Problem requirements ::
Among the lines of the entries below, count those containing the word "const" and answer with the number only.

━━━━━ Available data

//! Tables of validity: codes by status, and what keys take.
ghost use Rattle.std.specs.Prelude.{◌≡◌, [], ◌∷◌, ◌++◌, IfOk};
ghost use Rattle.icu_tables.specs.Names.{named_in};
ghost use Rattle.icu_tables.specs.Validity.{statuses, kinds, endings, codes_up_to, codes_of_word, codes_listed, if_text, rows_of_codes};
ghost use Rattle.icu_tables.specs.inner.Further.{key_types_seen, validity_seen};

use crate::TableError;
use crate::from_json::marked::named_among;
use crate::from_json::members::{AddsRows, RowByRow};
use crate::from_json::objects::{MemberReader, only_members};
use crate::from_json::preferred::{FieldKeys, KeywordKeys, ReadsValue};
use crate::from_json::values::FromValue;
use icu_locale_validity::{CodeKind, KeyTypes, Status, Validity};
use icu_provider::SortedMap;
use serde_json::Value;
use std::alloc::{AllocError, Global};

const STATUSES: [(&str, Status); 7] = [
    ("regular", Status::Regular),
    ("special", Status::Special),
    ("macroregion", Status::Macroregion),
    ("unknown", Status::Unknown),
    ("private_use", Status::PrivateUse),
    ("deprecated", Status::Deprecated),
    ("reserved", Status::Reserved),
];

// The status of a name.
pub(crate) fn status_named(name: &str) -> Option<Status>
    ensures { result ≡ named_in statuses name.now }
{
    named_among(&STATUSES, name)
}

const KINDS: [(&str, CodeKind); 7] = [
    ("script", CodeKind::Script),
    ("subdivision", CodeKind::Subdivision),
    ("region_override", CodeKind::RegionOverride),
    ("currency", CodeKind::Currency),
    ("code_point", CodeKind::CodePoint),
    ("date", CodeKind::Date),
    ("any", CodeKind::Any),
];

// The kind of codes of a name.
pub(crate) fn kind_named(name: &str) -> Option<CodeKind>
    ensures { result ≡ named_in kinds name.now }
{
    named_among(&KINDS, name)
}

impl FromValue for Status {
    ghost use Rattle.icu_locale_validity.specs.declared.table.Status.{Status};
    ghost use Rattle.icu_tables.specs.Shape.{text_as};

    ghost Seen = { Status };

    ghost seen = { λ s. s };

    ghost shape = { text_as (named_in statuses) };

    fn from_value(_alloc: Global, value: &Value) -> Result<Self, TableError> {
        match value.as_str() {
            Some(text) => status_named(text).ok_or(TableError::Shape),
            None => Err(TableError::Shape),
        }
    }
}

impl FromValue for CodeKind {
    ghost use Rattle.icu_locale_validity.specs.declared.table.CodeKind.{CodeKind};
    ghost use Rattle.icu_tables.specs.Shape.{text_as};

    ghost Seen = { CodeKind };

    ghost seen = { λ k. k };

    ghost shape = { text_as (named_in kinds) };

    fn from_value(_alloc: Global, value: &Value) -> Result<Self, TableError> {
        match value.as_str() {
            Some(text) => kind_named(text).ok_or(TableError::Shape),
            None => Err(TableError::Shape),
        }
    }
}

impl FromValue for bool {
    ghost use Rattle.std.specs.Prelude.{Bool};
    ghost use Rattle.serde_json.specs.Find.{as_bool};

    ghost Seen = { Bool };

    ghost seen = { λ b. b };

    ghost shape = { as_bool };

    fn from_value(_alloc: Global, value: &Value) -> Result<Self, TableError> {
        value.as_bool().ok_or(TableError::Shape)
    }
}

// Adds the codes that a member lists, with the status that it is named by.
#[derive(Clone, Copy)]
pub(crate) struct Codes;

impl<K: ReadsValue> AddsRows<K, Status> for Codes {
    ghost use Rattle.icu_locale_validity.specs.declared.table.Status.{Status};
    ghost use Rattle.icu_tables.specs.Validity.{codes_by_status};

    ghost Seen = { Status };

    ghost seen = { λ s. s };

    ghost says = { λ _. codes_by_status K.reads };

    fn add(
        &self,
        alloc: Global,
        name: &str,
        value: &Value,
        rows: &mut Vec<(K, Status)>,
    ) -> Result<(), TableError> {
        let Some(status) = status_named(name) else {
            return Err(TableError::Shape);
        };
        let Some(text) = value.as_str() else {
            return Err(TableError::Shape);
        };
        add_listed(alloc, text, status, rows)?;
        Ok(())
    }
}

// Adds the codes that a text lists to rows.
pub(crate) fn add_listed<K: ReadsValue>(
    alloc: Global,
    text: &str,
    status: Status,
    rows: &mut Vec<(K, Status)>,
) -> Result<(), AllocError>
    ensures { IfOk result (λ _. rows.new.items ≡ rows.old.items
        ++ rows_of_codes K.reads status (codes_listed text.now)) }
{
    for word in text.split(' ') {
        add_word(alloc, word, status, rows)?;
    }
    Ok(())
}

// Adds the codes of a word.
fn add_word<K: ReadsValue>(
    alloc: Global,
    word: &str,
    status: Status,
    rows: &mut Vec<(K, Status)>,
) -> Result<(), AllocError>
    ensures { IfOk result (λ _. rows.new.items ≡ rows.old.items
        ++ rows_of_codes K.reads status (codes_of_word word.now)) }
{
    match word.split_once('~') {
        Some((first, last)) => add_range(alloc, first.as_bytes(), last.as_bytes(), status, rows),
        None => add_code(alloc, word.as_bytes(), status, rows),
    }
}

// Adds the codes from one to the one that ends in a single other character.
fn add_range<K: ReadsValue>(
    alloc: Global,
    first: &[u8],
    last: &[u8],
    status: Status,
    rows: &mut Vec<(K, Status)>,
) -> Result<(), AllocError>
    ensures { IfOk result (λ _. rows.new.items ≡ rows.old.items
        ++ rows_of_codes K.reads status (codes_up_to first.now last.now)) }
{
    let Some((from, stem)) = first.split_last() else {
        return Ok(());
    };
    match last {
        [to] => add_endings(alloc, stem, *from, *to, status, rows),
        _ => Ok(()),
    }
}

// Adds the codes of a stem, for each last character from one to another, which are 256 at most.
fn add_endings<K: ReadsValue>(
    alloc: Global,
    stem: &[u8],
    from: u8,
    to: u8,
    status: Status,
    rows: &mut Vec<(K, Status)>,
) -> Result<(), AllocError>
    ensures { IfOk result (λ _. rows.new.items ≡ rows.old.items
        ++ rows_of_codes K.reads status (endings stem.now from to)) }
{
    let mut code = Vec::new(alloc);
    let mut character = usize::from(from);
    while character <= usize::from(to) {
        code.clear();
        code.extend_from_slice(stem)?;
        code.push(character as u8)?;
        add_code(alloc, &code, status, rows)?;
        character += 1;
    }
    Ok(())
}

// Adds a code, where the bytes are one.
fn add_code<K: ReadsValue>(
    alloc: Global,
    code: &[u8],
    status: Status,
    rows: &mut Vec<(K, Status)>,
) -> Result<(), AllocError>
    ensures { IfOk result (λ _. rows.new.items ≡ rows.old.items
        ++ rows_of_codes K.reads status (code.now ∷ [])) }
{
    if let Some(key) = read_code(alloc, code)? {
        rows.push((key, status))?;
    }
    Ok(())
}

// What bytes are read as, where they are a text.
fn read_code<K: ReadsValue>(alloc: Global, code: &[u8]) -> Result<Option<K>, AllocError>
    ensures { IfOk result (λ read. read ≡ if_text K.reads code.now) }
{
    match str::from_utf8(code) {
        Ok(text) => K::read(alloc, text),
        Err(_) => Ok(None),
    }
}

impl<V: ReadsValue> FromValue for KeyTypes<V> {
    ghost use Rattle.icu_locale_validity.specs.declared.table.KeyTypes.{KeyTypes};
    ghost use Rattle.icu_tables.specs.Validity.{key_types};

    ghost Seen = { KeyTypes V };

    ghost seen = { key_types_seen };

    ghost shape = { key_types V.cmp V.reads };

    fn from_value(alloc: Global, value: &Value) -> Result<Self, TableError> {
        only_members(value, &["status", "types", "kind", "many"])?;
        let mut key = KeyTypes {
            status: Status::Regular,
            types: SortedMap::new(alloc),
            kind: None,
            many: false,
        };
        MemberReader::of(alloc, value)
            .fill("status", &mut key.status)
            .fill_by("types", &Codes, &mut key.types)
            .fill("kind", &mut key.kind)
            .fill("many", &mut key.many)
            .finish(key)
    }
}

const MEMBERS: [&str; 8] = [
    "language",
    "script",
    "region",
    "variant",
    "subdivision",
    "currency",
    "keywords",
    "fields",
];

impl FromValue for Validity {
    ghost use Rattle.icu_locale_validity.specs.declared.table.Validity.{Validity};
    ghost use Rattle.icu_tables.specs.Validity.{validity};

    ghost Seen = { Validity };

    ghost seen = { validity_seen };

    ghost shape = { validity };

    fn from_value(alloc: Global, value: &Value) -> Result<Self, TableError> {
        only_members(value, &MEMBERS)?;
        let mut table = Validity::new(alloc);
        MemberReader::of(alloc, value)
            .fill_by("language", &Codes, &mut table.languages)
            .fill_by("script", &Codes, &mut table.scripts)
            .fill_by("region", &Codes, &mut table.regions)
            .fill_by("variant", &Codes, &mut table.variants)
            .fill_by("subdivision", &Codes, &mut table.subdivisions)
            .fill_by("currency", &Codes, &mut table.currencies)
            .fill_by(
                "keywords",
                &RowByRow { keys: KeywordKeys },
                &mut table.keywords,
            )
            .fill_by("fields", &RowByRow { keys: FieldKeys }, &mut table.fields)
            .finish(table)
    }
}
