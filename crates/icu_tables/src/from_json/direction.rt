//! Which way scripts run.
ghost use Rattle.std.specs.Prelude.{◌≡◌, IfOk, IfErr};
ghost use Rattle.std.specs.Map.{keys_of};
ghost use Rattle.icu_locale_core.specs.TextSet.{from_list, rising};
ghost use Rattle.icu_tables.specs.Rows.{direction_rows};

use crate::TableError;
use crate::from_json::objects::{MemberReader, only_members};
use crate::from_json::values::FromValue;
use icu_locale_core::Script;
use icu_provider::{NotedMap, ScriptDirection};
use serde_json::Value;
use std::alloc::Global;

// A set of scripts.
impl FromValue for NotedMap<Script, ()> {
    ghost use Rattle.std.specs.Prelude.{List, ℕ};
    ghost use Rattle.icu_tables.specs.Shape.{set_of};
    ghost use Rattle.icu_tables.specs.Subtags.{script};

    ghost Seen = { List (List ℕ) };

    ghost seen = { keys_of };

    ghost shape = { set_of script };

    fn from_value(alloc: Global, value: &Value) -> Result<Self, TableError> {
        set_from(alloc, Vec::from_value(alloc, value)?)
    }
}

// The set of the scripts of a list, where repeats fall together.
pub(crate) fn set_from(
    alloc: Global,
    mut scripts: Vec<Script>,
) -> Result<NotedMap<Script, ()>, TableError>
    ensures members { IfOk result (λ set. keys_of set ≡ rising (from_list scripts.items)) }
    ensures refused { IfErr result (λ e. e ≡ TableError.Memory) }
{
    scripts.sort_unstable();
    scripts.dedup();
    let mut rows = Vec::with_capacity(alloc, scripts.len())?;
    for script in &scripts {
        rows.push((*script, ()))?;
    }
    Ok(NotedMap::try_from_sorted(alloc, rows)?)
}

impl FromValue for ScriptDirection {
    ghost use Rattle.icu_tables.specs.File.{direction};
    ghost use Rattle.icu_tables.specs.Rows.{DirectionRows};

    ghost Seen = { DirectionRows };

    ghost seen = { direction_rows };

    ghost shape = { direction };

    fn from_value(alloc: Global, value: &Value) -> Result<Self, TableError> {
        only_members(value, &["rtl", "ltr"])?;
        let mut table = ScriptDirection::new(alloc);
        MemberReader::of(alloc, value)
            .fill("rtl", &mut table.rtl)
            .fill("ltr", &mut table.ltr)
            .finish(table)
    }
}
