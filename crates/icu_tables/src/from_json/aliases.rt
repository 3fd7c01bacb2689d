//! Aliases.
ghost use Rattle.std.specs.Prelude.{map};
ghost use Rattle.icu_tables.specs.inner.Reads.{alias_seen};
ghost use Rattle.icu_tables.specs.Rows.{rule, variants_rule};

use crate::TableError;
use crate::from_json::objects::{MemberReader, only_members};
use crate::from_json::values::FromValue;
use icu_locale_core::Language;
use icu_provider::{Aliases, LanguageStrStrPair, RowList, StrStrPair};
use serde_json::Value;
use std::alloc::Global;

impl FromValue for StrStrPair {
    ghost use Rattle.std.specs.Prelude.{List, ℕ};
    ghost use Rattle.icu_tables.specs.Shape.{text, pair_of};

    ghost Seen = { List ℕ × List ℕ };

    ghost seen = { rule };

    ghost shape = { pair_of text text };

    fn from_value(alloc: Global, value: &Value) -> Result<Self, TableError> {
        let (rule, replacement) = <(String, String)>::from_value(alloc, value)?;
        Ok(StrStrPair(rule, replacement))
    }
}

impl FromValue for LanguageStrStrPair {
    ghost use Rattle.std.specs.Prelude.{List, ℕ};
    ghost use Rattle.icu_tables.specs.Shape.{text, triple_of};
    ghost use Rattle.icu_tables.specs.Subtags.{language};

    ghost Seen = { List ℕ × List ℕ × List ℕ };

    ghost seen = { variants_rule };

    ghost shape = { triple_of language text text };

    fn from_value(alloc: Global, value: &Value) -> Result<Self, TableError> {
        let (language, variants, replacement) = <(Language, String, String)>::from_value(
            alloc, value,
        )?;
        Ok(LanguageStrStrPair(language, variants, replacement))
    }
}

impl<T: FromValue> FromValue for RowList<T> {
    ghost use Rattle.std.specs.Prelude.{List};
    ghost use Rattle.icu_tables.specs.Shape.{array_of};

    ghost Seen = { List T.Seen };

    ghost seen = { λ rows. map T.seen rows };

    ghost shape = { array_of T.shape };

    fn from_value(alloc: Global, value: &Value) -> Result<Self, TableError> {
        Ok(RowList::from_vec(Vec::from_value(alloc, value)?))
    }
}

const MEMBERS: [&str; 11] = [
    "language_variants",
    "language",
    "sgn_region",
    "language_len2",
    "language_len3",
    "script",
    "region_alpha",
    "region_num",
    "complex_region",
    "variant",
    "subdivision",
];

impl FromValue for Aliases {
    ghost use Rattle.icu_tables.specs.File.{aliases};
    ghost use Rattle.icu_tables.specs.Rows.{AliasRows};

    ghost Seen = { AliasRows };

    ghost seen = { alias_seen };

    ghost shape = { aliases };

    fn from_value(alloc: Global, value: &Value) -> Result<Self, TableError> {
        only_members(value, &MEMBERS)?;
        let mut table = Aliases::new(alloc);
        MemberReader::of(alloc, value)
            .fill("language_variants", &mut table.language_variants)
            .fill("language", &mut table.language)
            .fill("sgn_region", &mut table.sgn_region)
            .fill("language_len2", &mut table.language_len2)
            .fill("language_len3", &mut table.language_len3)
            .fill("script", &mut table.script)
            .fill("region_alpha", &mut table.region_alpha)
            .fill("region_num", &mut table.region_num)
            .fill("complex_region", &mut table.complex_region)
            .fill("variant", &mut table.variant)
            .fill("subdivision", &mut table.subdivision)
            .finish(table)
    }
}
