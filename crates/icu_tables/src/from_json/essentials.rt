//! How the parts of names are put together.
ghost use Rattle.std.specs.Prelude.{◌≡◌, option_map};
ghost use Rattle.icu_provider.specs.Names.{part_of};
ghost use Rattle.icu_tables.specs.NamedRows.{place};

use crate::TableError;
use crate::from_json::objects::{only_members, required};
use crate::from_json::values::FromValue;
use icu_provider::{DoublePlaceholderPattern, LocaleNamesEssentials, PatternItem};
use serde_json::Value;
use std::alloc::Global;

impl FromValue for PatternItem {
    ghost use Rattle.icu_provider.specs.Names.{PatternPart, part_of};
    ghost use Rattle.icu_tables.specs.NamedRows.{pattern_item};

    ghost Seen = { PatternPart };

    ghost seen = { part_of };

    ghost shape = { pattern_item };

    fn from_value(alloc: Global, value: &Value) -> Result<Self, TableError> {
        if let Some(text) = value.as_str() {
            return Ok(PatternItem::Literal(String::from_str(alloc, text)?));
        }
        match value.as_u64() {
            Some(number) => placeholder(number).ok_or(TableError::Shape),
            None => Err(TableError::Shape),
        }
    }
}

// The placeholder of a number.
pub(crate) fn placeholder(number: u64) -> Option<PatternItem>
    ensures { option_map part_of result ≡ place number }
{
    match number {
        0 => Some(PatternItem::First),
        1 => Some(PatternItem::Second),
        _ => None,
    }
}

impl FromValue for DoublePlaceholderPattern {
    ghost use Rattle.std.specs.Prelude.{List};
    ghost use Rattle.icu_provider.specs.Names.{PatternPart};
    ghost use Rattle.icu_tables.specs.NamedRows.{pattern};

    ghost Seen = { List PatternPart };

    ghost seen = { λ items. items };

    ghost shape = { pattern };

    fn from_value(alloc: Global, value: &Value) -> Result<Self, TableError> {
        Ok(DoublePlaceholderPattern::try_from_items(Vec::from_value(alloc, value)?))
    }
}

impl FromValue for LocaleNamesEssentials {
    ghost use Rattle.icu_provider.specs.declared.essentials.LocaleNamesEssentials.{LocaleNamesEssentials};
    ghost use Rattle.icu_tables.specs.NamedRows.{name_patterns};

    ghost Seen = { LocaleNamesEssentials };

    ghost seen = { λ patterns. patterns };

    ghost shape = { name_patterns };

    fn from_value(alloc: Global, value: &Value) -> Result<Self, TableError> {
        only_members(value, &["pattern", "separator"])?;
        let locale_pattern = required(alloc, value, "pattern")?;
        let locale_separator = required(alloc, value, "separator")?;
        Ok(LocaleNamesEssentials {
            locale_pattern,
            locale_separator,
        })
    }
}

━━━━━━━━━━

Answer box ::
4